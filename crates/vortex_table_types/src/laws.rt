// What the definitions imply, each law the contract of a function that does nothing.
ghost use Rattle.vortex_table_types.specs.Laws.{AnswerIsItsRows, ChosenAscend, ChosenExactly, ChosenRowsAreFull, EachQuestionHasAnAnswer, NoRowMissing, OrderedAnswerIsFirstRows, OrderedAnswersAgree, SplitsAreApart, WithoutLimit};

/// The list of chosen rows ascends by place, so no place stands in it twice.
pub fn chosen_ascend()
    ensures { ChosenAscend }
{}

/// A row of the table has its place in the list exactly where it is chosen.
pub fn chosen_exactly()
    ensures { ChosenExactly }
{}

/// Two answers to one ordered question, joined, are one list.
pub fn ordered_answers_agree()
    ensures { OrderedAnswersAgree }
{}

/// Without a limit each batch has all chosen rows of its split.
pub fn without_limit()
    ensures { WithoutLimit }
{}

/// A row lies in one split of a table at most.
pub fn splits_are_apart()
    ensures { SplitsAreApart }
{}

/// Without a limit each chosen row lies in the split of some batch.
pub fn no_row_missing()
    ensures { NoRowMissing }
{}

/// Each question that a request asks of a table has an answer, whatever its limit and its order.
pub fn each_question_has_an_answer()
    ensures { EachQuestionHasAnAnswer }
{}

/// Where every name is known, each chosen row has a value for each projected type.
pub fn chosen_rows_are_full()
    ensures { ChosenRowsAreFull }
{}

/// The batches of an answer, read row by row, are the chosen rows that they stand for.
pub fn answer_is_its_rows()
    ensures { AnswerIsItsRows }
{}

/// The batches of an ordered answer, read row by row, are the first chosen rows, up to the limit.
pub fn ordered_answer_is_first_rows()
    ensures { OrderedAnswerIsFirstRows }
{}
....
* Exercise objective
Copy out all the entries exactly once more.

* Answer to the exercise
filename crates/vortex_table_types/src/laws.rt
// What the definitions imply, each law the contract of a function that does nothing.
ghost use Rattle.vortex_table_types.specs.Laws.{AnswerIsItsRows, ChosenAscend, ChosenExactly, ChosenRowsAreFull, EachQuestionHasAnAnswer, NoRowMissing, OrderedAnswerIsFirstRows, OrderedAnswersAgree, SplitsAreApart, WithoutLimit};

/// The list of chosen rows ascends by place, so no place stands in it twice.
pub fn chosen_ascend()
    ensures { ChosenAscend }
{}

/// A row of the table has its place in the list exactly where it is chosen.
pub fn chosen_exactly()
    ensures { ChosenExactly }
{}

/// Two answers to one ordered question, joined, are one list.
pub fn ordered_answers_agree()
    ensures { OrderedAnswersAgree }
{}

/// Without a limit each batch has all chosen rows of its split.
pub fn without_limit()
    ensures { WithoutLimit }
{}

/// A row lies in one split of a table at most.
pub fn splits_are_apart()
    ensures { SplitsAreApart }
{}

/// Without a limit each chosen row lies in the split of some batch.
pub fn no_row_missing()
    ensures { NoRowMissing }
{}

/// Each question that a request asks of a table has an answer, whatever its limit and its order.
pub fn each_question_has_an_answer()
    ensures { EachQuestionHasAnAnswer }
{}

/// Where every name is known, each chosen row has a value for each projected type.
pub fn chosen_rows_are_full()
    ensures { ChosenRowsAreFull }
{}

/// The batches of an answer, read row by row, are the chosen rows that they stand for.
pub fn answer_is_its_rows()
    ensures { AnswerIsItsRows }
{}

/// The batches of an ordered answer, read row by row, are the first chosen rows, up to the limit.
pub fn ordered_answer_is_first_rows()
    ensures { OrderedAnswerIsFirstRows }
{}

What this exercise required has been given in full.